If it doesn’t release neutrons, then how will it heat water and run the generator? Well actually, that’s the big innovation here. The goal is to produce electricity directly and eliminate the expensive generator. When hydrogen and boron fuse in a plasma focus they release energy in the form of a beam of charged particles - nuclei of helium atoms. This beam can be converted directly to electricity through a kind of high-tech transformer. This will be discussed in the Generator section.
So why, you may wonder, are researchers spending so much time on deuterium-tritium fusion when hydrogen-boron has clear advantages? The reason is that deuterium-tritium fusion is easier to ignite. It requires temperatures of only 100 million Kelvin while hydrogen-boron fusion requires 1 billion Kelvin. [These temperatures are possible to achieve. Please see our Billion Degree Breakthrough page.]
Unfortunately, many fusion researchers have spent their careers developing the tokamak which cannot reach the temperatures required for hydrogen-boron fusion. Rather than looking for new ideas, the fusion research establishment has decided that the safety issues related to tritium and the radioactive waste produced by deuterium-tritium fusion is acceptable.

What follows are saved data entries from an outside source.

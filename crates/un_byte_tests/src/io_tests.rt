//! Each call once, and one failing read and one failing write in mid-stream.

use std::io;
use std::io::Write;
use std::test::Fail;
use un_io::*;

/// A writer that takes nothing.
#[derive(Drop)]
struct Stuck;

impl Write for Stuck {
    fn write(&mut self, _bytes: &[u8]) -> io::Result<usize> {
        Ok(0)
    }

    fn flush(&mut self) -> io::Result<()> {
        Ok(())
    }
}

#[test]
fn a_failing_read_takes_no_byte(rt: HostRuntime) -> Result<(), Fail> {
    let bytes = Vec::from_slice(rt.alloc(), b"abcde")?;
    let failing = Vec::from_slice(rt.alloc(), &[1])?;
    let mut source = MemSource::make(bytes, 2, failing);
    let first = read_whole(rt.alloc(), &mut source, 5);
    assert_eq!(rt; first.err(), Some(ReadError::ReadFault));
    let rest = read_whole(rt.alloc(), &mut source, 3).unwrap_or(Vec::new(rt.alloc()));
    assert_eq!(rt; rest.as_slice(), b"cde".as_slice());
    Ok(())
}

#[test]
fn a_failing_write_adds_nothing(rt: HostRuntime) -> Result<(), Fail> {
    let failing = Vec::from_slice(rt.alloc(), &[1])?;
    let mut sink = MemSink::make(rt.alloc(), 5, 2, failing)?;
    let first = write_whole(&mut sink, b"abcde");
    assert_eq!(rt; first, Err(WriteFault));
    assert_eq!(rt; sink.held(), b"ab".as_slice());
    let second = write_whole(&mut sink, b"cdef");
    assert_eq!(rt; second, Err(WriteFault));
    assert_eq!(rt; sink.held(), b"abcde".as_slice());
    Ok(())
}

#[test]
fn a_source_that_never_fails_is_read_up_to_the_limit(rt: HostRuntime) -> Result<(), Fail> {
    let mut source = SureSource::make(Vec::from_slice(rt.alloc(), b"hello")?);
    let long = read_whole(rt.alloc(), &mut source, 3);
    assert_eq!(rt; long.err(), Some(ReadError::TooLarge));
    let rest = read_whole(rt.alloc(), &mut source, 3).unwrap_or(Vec::new(rt.alloc()));
    assert_eq!(rt; rest.as_slice(), b"o".as_slice());
    let mut sink = SureSink::make();
    assert_eq!(rt; write_whole(&mut sink, b"hello"), Ok(()));
    assert_eq!(rt; sink.given(), 5);
    Ok(())
}

#[test]
fn readers_and_writers_of_std_are_used(rt: HostRuntime) -> Result<(), Fail> {
    let text: &[u8] = b"hello";
    let mut source = StdSource::make(text);
    let whole = read_whole(rt.alloc(), &mut source, 5).unwrap_or(Vec::new(rt.alloc()));
    assert_eq!(rt; whole.as_slice(), b"hello".as_slice());
    let mut sink = StdSink::make(Vec::new(rt.alloc()));
    assert_eq!(rt; write_whole(&mut sink, b"hello"), Ok(()));
    let mut stuck = StdSink::make(Stuck);
    assert_eq!(rt; write_whole(&mut stuck, b"hello"), Err(WriteFault));
    Ok(())
}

This brings us to the reactor.
A tokamak fills a gymnasium-sized room and costs several hundred million dollars to build. Tokamaks and most other fusion devices use powerful magnets to attempt to stabilize the plasma (extremely hot, electrically conducting gas in which the fusion reactions occur). This task has been compared to “lifting gelatin with rubber bands.” The tokamak has yet to produce net energy, but even if it did, the cost of that energy would still be high simply because the reactor itself is so expensive. Unfortunately, many researchers (perhaps enamored of the very size and complexity of the thing) are not willing to look at other, simpler devices that take a different approach.
Sometimes in order to think big, you need to think small.
The Plasma Focus takes an elegant, small scale approach. It takes advantage of the natural instabilities of the plasma, so that the plasma’s own magnetic fields compress it and heat it. In short, The plasma focus works with the plasma instead of against it, in a much smaller space.
A complete Focus Fusion reactor could be contained in a very small building, perhaps no larger than a two car garage, and there is room for further miniaturization. Such devices would cost less than $500,000 to build, less than one percent of the price of a tokamak.
Generator vs. Transformer
The conventional approach to fusion research would produce neutrons which produce heat just as in a fission reactor. The heat would have to be converted to electricity using the same old 19th century generator concept. The cost of the energy would still be very high. Thermal pollution would still be a big factor.
In contrast, the Focus Fusion researchers intend to eliminate the generator. Instead, a transformer would be used to convert the electricity generated by the fusion into electricity useful to us. This is possible because the product of the hydrogen-boron reaction is, itself, electricity.
With mass production, it is expected that the cost of each reactor/transformer will be far less than the cost of research funds spent to design the first reactor, and substantially less than any nuclear, coal, hydro or oil-based power plants currently available.
In conclusion, conventional approaches to fusion have no hope of being any cheaper than current sources of power because even if they achieve net energy, the cost of the reactor and generator are still prohibitively high. In contrast, Focus Fusion will be cheap because all three of our elements: fuel, reactor, and generator are cheap.